屋内终于安静下来,我靠在夜泽的怀中,看见云毁落在了沙发那一边,鞭子还隐隐泛着白光。
屋内一片黑暗,我微微推开夜泽:“我去找蜡烛。”
“这地上都是碎片,我抱你过去。”夜泽关怀的声音响起,让我心又乱跳。
“电视下面的抽屉里有蜡烛和打火机,你去拿吧。”我又说,夜泽低头看我一会儿:“在这里等我。”
夜泽转身去拿了蜡烛和打火机。这是我为了防备停电或者灯泡又被夜泽“吓死”了用的。不想,今天就用上了。
我点蜡烛,看了一下地上,就看见一片像被剑削断的玻璃碎片。
我抬头对夜泽道:“把地扫干净。”
他凝目望着我,我也不管他听没听到,我护着蜡烛走到云毁面前,依旧抑制不住激动:“云先生。”
云毁用手遮住了脸,我连忙把蜡烛端远了一些,将它固定在桌子上,才起身微笑地对着他。
云毁上下打量着我,神情又变得柔和:“你就是张兄所说的娄小姐吧?”
“我叫娄姿,你可以直接叫我的名字。”我温和地说。
“娄姿?哪两个字?”
我刚想说是,“楼阁无木”的娄,“美姿仪”的姿。但身后传来哗啦一声,是夜泽拿着笤帚将玻璃碎片扫进簸箕里的声音,很用力的声音,接着便听他凉凉道:“总是捅娄子的‘娄’,搔首弄姿的‘姿’。”
我噌地回头瞪向他,却见他黑黝黝的眸光中跳跃着两簇光,又看得我“心惊肉跳”。
“娄姿,好名字,好记也好念。”
还是云先生说话让人舒坦,云毁瞥了夜泽一眼:“方才他是否欲对你不轨?”
咣当一声,夜泽将东西一扔,大步过来,凑到云毁面前:“怎么,你还想再打一架,就这么想被本王打死吗?”
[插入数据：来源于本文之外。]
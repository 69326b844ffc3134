ghost use Rattle.std.specs.Prelude.{◌≡◌, ◌+◌, ◌-◌, ◌≤◌, ◌^◌, min, IfOk, None, Some, decimal, if◌then◌else◌};
ghost use Rattle.std.specs.List.{find};
ghost use Rattle.acl_text.specs.Refusals.{IsRefusalBy, Judges};
ghost use Rattle.acl_sets.specs.Ranges.{holds};
ghost use Rattle.acl_expand.specs.SlipSteps.{are_below_headers};
ghost use Rattle.acl_expand.specs.ExpansionSlips.{
  extension_headers,
  header_at,
  header_named,
  header_slip,
  is_for_ipv6,
  most_prefixes,
  prefix_slip,
  prefixes_of,
  rule_prefixes,
};

use acl_host::Day;
use acl_packet::Family;
use acl_platform::Rule;
use acl_sets::{Range, RangeSet};
use acl_target::Target;
use acl_terms::{Term, is_empty_in, is_live};
use acl_text::{Bytes, Code, Memory, Refusal};
use itoa::Buffer;
use std::alloc::Global;

const EXTENSION_HEADERS: [u8; 8] = [43, 44, 51, 59, 60, 135, 139, 140];

pub(crate) const MOST_PREFIXES: u64 = 200_000;

// The first of the numbers that is in the set.
fn first_held(protos: &RangeSet, numbers: &[u8]) -> Option<u8>
    ensures { result ≡ find (λ n. holds protos.now.ranges n) numbers.now }
{
    numbers
        .iter()
        .copied()
        .find(|n| protos.contains(u128::from(*n)))
}

// Whether all ranges end below the least of these numbers, as those of most terms do.
fn are_below_headers(ranges: &[Range]) -> bool
    ensures { result ≡ are_below_headers ranges.now }
{
    ranges.iter().all(|range| range.high <= 42)
}

fn header_in(protos: &RangeSet) -> Option<u8>
    requires { protos.now.top ≤ 65535 }
    ensures { result ≡ find (λ n. holds protos.now.ranges n) extension_headers }
{
    if are_below_headers(protos.range_slice()) {
        None
    } else {
        first_held(protos, &EXTENSION_HEADERS)
    }
}

fn header_named(term: &Term) -> Option<u8>
    ensures { result ≡ header_named term.now }
{
    if term.protos.is_all() {
        return None;
    }
    header_in(&term.protos)
}

fn is_for_ipv6(target: &Target, today: Day, term: &Term) -> bool
    ensures { result ≡ is_for_ipv6 target.now today term.now }
{
    is_live(term, target.kind, today)
        && target.families.covers(Family::V6)
        && !is_empty_in(term, Family::V6)
}

fn decimal(alloc: Global, number: u8) -> Result<Bytes, Memory>
    ensures { IfOk result (λ b. b ≡ decimal number) }
{
    let mut buffer = Buffer::new();
    Bytes::from_slice(alloc, buffer.format(number).as_bytes())
}

// The slip at the number of an extension header, where the term has rules for IPv6 on the target.
fn check_number(
    alloc: Global,
    target: &Target,
    today: Day,
    term: &Term,
    number: u8,
) -> Result<(), Refusal>
    ensures { Judges result (if is_for_ipv6 target.now today term.now then header_at term.now (Some number) else None) }
{
    if !is_for_ipv6(target, today, term) {
        return Ok(());
    }
    let word = decimal(alloc, number)?;
    Err(Refusal::at(alloc, Code::ExtensionHeader, term.place, word.as_slice()))
}

/// Whether the term has rules for IPv6 on the target and names no extension header, else the slip at the least one. Few
/// terms name one, so that is asked first.
#[tactic(auto, using(crate::proofs::HeaderLaws::none_asked, crate::proofs::HeaderLaws::one_asked))]
pub(crate) fn check_header(
    alloc: Global,
    target: &Target,
    today: Day,
    term: &Term,
) -> Result<(), Refusal>
    ensures { Judges result (header_slip target.now today term.now) }
{
    match header_named(term) {
        None => Ok(()),
        Some(number) => check_number(alloc, target, today, term, number),
    }
}

/// The slip at the term where the filter has too many prefixes with its rules.
pub(crate) fn check_prefixes(alloc: Global, term: &Term, prefixes: u64) -> Result<(), Refusal>
    ensures { Judges result (prefix_slip term.now prefixes) }
{
    if prefixes <= MOST_PREFIXES {
        Ok(())
    } else {
        let name = term.name.as_slice();
        Err(Refusal::at(alloc, Code::TooManyPrefixes, term.place, name))
    }
}

/// The number of prefixes of the rules' lists, from a number on; it stands still at the end of its type.
pub(crate) fn prefixes_behind(before: u64, rules: &[Rule]) -> u64
    ensures { result ≡ min (before + prefixes_of rules.now) (2 ^ 64 - 1) }
{
    let mut count = before;
    for rule in rules {
        count = count
            .saturating_add(rule.src.count())
            .saturating_add(rule.dst.count());
    }
    count
}
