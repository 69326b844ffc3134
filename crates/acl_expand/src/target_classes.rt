ghost use Rattle.std.specs.Prelude.{◌≡◌, true};
ghost use Rattle.std.specs.List.{AllByRecursion};
ghost use Rattle.acl_expand.specs.KnownRules.{AreAlike, IsAlike, asks_by_mode, class_of};

use crate::rule_making::verdict_on;
use acl_host::Day;
use acl_packet::Families;
use acl_target::{Kind, Target};
use acl_terms::{Opt, Term, is_live};

/// What the rules of terms depend on in a target.
#[derive(Clone, Copy)]
pub(crate) struct TargetClass {
    pub kind: Kind,
    pub families: Families,
    pub stateful: bool,
}

// Whether the option asks other things of a packet where connections are known.
fn asks_by_mode(option: Opt) -> bool
    ensures { result ≡ asks_by_mode option }
{
    match option {
        Opt::Established | Opt::TcpEstablished => true,
        Opt::Plain | Opt::TcpInitial | Opt::Rst => false,
    }
}

impl TargetClass {
    pub(crate) fn of(target: &Target) -> TargetClass
        ensures { result ≡ class_of target.now }
    {
        TargetClass {
            kind: target.kind,
            families: target.families,
            stateful: target.stateful,
        }
    }

    fn is_alike(self, other: TargetClass, today: Day, term: &Term) -> bool
        ensures { result ≡ true → IsAlike self other today term.now }
    {
        is_live(term, self.kind, today) == is_live(term, other.kind, today)
            && verdict_on(self.kind, term.verdict) == verdict_on(other.kind, term.verdict)
            && (self.stateful == other.stateful || !asks_by_mode(term.option))
    }

    fn each_is_alike(self, other: TargetClass, today: Day, terms: &[Term]) -> bool
        ensures { result ≡ true → AllByRecursion (IsAlike self other today) terms.now }
    {
        for term in terms {
            if !self.is_alike(other, today, term) {
                return false;
            }
        }
        true
    }

    /// Whether the terms have the same rules on targets of the other class.
    pub(crate) fn fits(self, other: TargetClass, today: Day, terms: &[Term]) -> bool
        ensures { result ≡ true → AreAlike self other today terms.now }
    {
        self.families == other.families && self.each_is_alike(other, today, terms)
    }
}
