ghost use Rattle.std.specs.Prelude.{◌≡◌, ◌+◌, ◌≤◌, ◌++◌, IfOk, OnOk};
ghost use Rattle.acl_text.specs.Refusals.{Judges};
ghost use Rattle.acl_target.specs.TargetData.{IsTarget};
ghost use Rattle.acl_platform.specs.SoundFilters.{IsSound};
ghost use Rattle.acl_expand.specs.Expansions.{DecidesAsTerms, filter_of, filter_with};
ghost use Rattle.acl_expand.specs.ExpansionSlips.{first_slip, most_prefixes};
ghost use Rattle.acl_expand.specs.SlipSteps.{counted_term, prefixes_with};
ghost use Rattle.acl_expand.specs.TermRules.{rules_of, term_rules};

use crate::rule_making::push_term;
use crate::slips::{check_header, check_prefixes, prefixes_behind};
use acl_host::Day;
use acl_packet::Families;
use acl_platform::{Filter, Rules, SharedRules};
use acl_target::Target;
use acl_terms::Term;
use acl_text::{Bytes, Items, Memory, Refusal};
use std::alloc::Global;

// Adds the rules of the term, and gives the number of prefixes with them.
fn add_term(
    alloc: Global,
    rules: &mut Rules,
    prefixes: u64,
    target: &Target,
    today: Day,
    term: &Term,
) -> Result<u64, Refusal>
    ensures judged { Judges result (counted_term target.now today prefixes term.now) }
    ensures rules { OnOk result (rules.new ≡ rules.old ++ term_rules target.now today term.now) }
    ensures count { IfOk result (λ n. n ≡ prefixes_with target.now today prefixes term.now) }
{
    check_header(alloc, target, today, term)?;
    let before = rules.as_slice().len();
    push_term(alloc, rules, target, today, term)?;
    let total = prefixes_behind(prefixes, &rules.as_slice()[before..]);
    check_prefixes(alloc, term, total)?;
    Ok(total)
}

// Room for the rules of so many terms: most have one in each family.
fn room_for(terms: usize, families: Families) -> usize {
    match families {
        Families::Inet | Families::Inet6 => terms,
        Families::Mixed => terms.saturating_mul(2),
    }
}

/// The rules of the terms, or their first slip.
#[tactic(auto, using(crate::proofs::SlipLaws::first_slip_is_counted))]
pub(crate) fn rules_of(
    alloc: Global,
    terms: &[Term],
    target: &Target,
    today: Day,
) -> Result<Rules, Refusal>
    ensures judged { Judges result (first_slip target.now today terms.now) }
    ensures rules { IfOk result (λ rules. rules ≡ rules_of target.now today terms.now) }
{
    let mut rules = Items::with_capacity(alloc, room_for(terms.len(), target.families))?;
    let mut prefixes = 0;
    for term in terms {
        prefixes = add_term(alloc, &mut rules, prefixes, target, today, term)?;
    }
    Ok(rules)
}

/// The same, which filters can share.
pub(crate) fn shared_rules(
    alloc: Global,
    terms: &[Term],
    target: &Target,
    today: Day,
) -> Result<SharedRules, Refusal>
    ensures judged { Judges result (first_slip target.now today terms.now) }
    ensures rules { IfOk result (λ rules. rules ≡ rules_of target.now today terms.now) }
{
    let rules = rules_of(alloc, terms, target, today)?;
    Ok(SharedRules::new(alloc, rules)?)
}

/// The data of the target, with rules.
pub(crate) fn filter_with(
    alloc: Global,
    target: &Target,
    rules: SharedRules,
) -> Result<Filter, Memory>
    ensures { IfOk result (λ f. f ≡ filter_with target.now rules) }
{
    let name = Bytes::from_slice(alloc, target.name.as_slice())?;
    Ok(Filter {
        place: target.place,
        kind: target.kind,
        name,
        families: target.families,
        hook: target.hook,
        ending: target.ending,
        priority: target.priority,
        verbose: target.verbose,
        number: target.number,
        rules,
    })
}

// The rules of the terms, or their first slip, where no list is known.
fn first_rules(
    alloc: Global,
    terms: &[Term],
    target: &Target,
    today: Day,
) -> Result<SharedRules, Refusal>
    ensures judged { Judges result (first_slip target.now today terms.now) }
    ensures rules { IfOk result (λ rules. rules ≡ rules_of target.now today terms.now) }
{
    shared_rules(alloc, terms, target, today)
}

/// The filter of the terms on the target that day, or their first slip there.
///
/// Each live term becomes one rule for each family of the target, IPv4 first, and for each pair of sides in that family
/// on which it is not empty there: the source before the destination where it names addresses of either, and within
/// each the source port before the destination port where it names ports of either. There are two rules where its
/// option asks different things of TCP and of UDP, and none where the option leaves no port of UDP. Slips, term by term:
/// `ExtensionHeader`, the least number of an extension header that a term for IPv6 names, and `TooManyPrefixes`, the
/// name of the term with whose rules the filter's lists have more than 200,000 prefixes.
pub fn expand(alloc: Global, terms: &[Term], target: &Target, today: Day) -> Result<Filter, Refusal>
    requires { IsTarget target.now }
    ensures slip { Judges result (first_slip target.now today terms.now) }
    ensures filter { IfOk result (λ f. f ≡ filter_of target.now today terms.now) }
    ensures sound { IfOk result IsSound }
    ensures decides { IfOk result (DecidesAsTerms target.now today terms.now) }
{
    let rules = first_rules(alloc, terms, target, today)?;
    Ok(filter_with(alloc, target, rules)?)
}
云毁盯着夜泽:“夜公子这三脚猫的功夫还想打死人,说不出去也不怕人笑掉大牙吗?”
“如此,那便再来比一比,你若输了,就从这里滚出去。”
明明是两大绝色美男,若是可以“相亲相爱”,那将是一副多让人流鼻血的画面啊。
我将手好不容易插进去,推开二人,大声说道:“你们两个先搞清楚,这里是我家!你们谁敢再动手,就从我家滚出去!”
“你让谁滚出去?”夜泽回头锋利地看我。
我气急败坏道:“你们谁动手,谁就滚出去!我不会管谁先来谁后到!”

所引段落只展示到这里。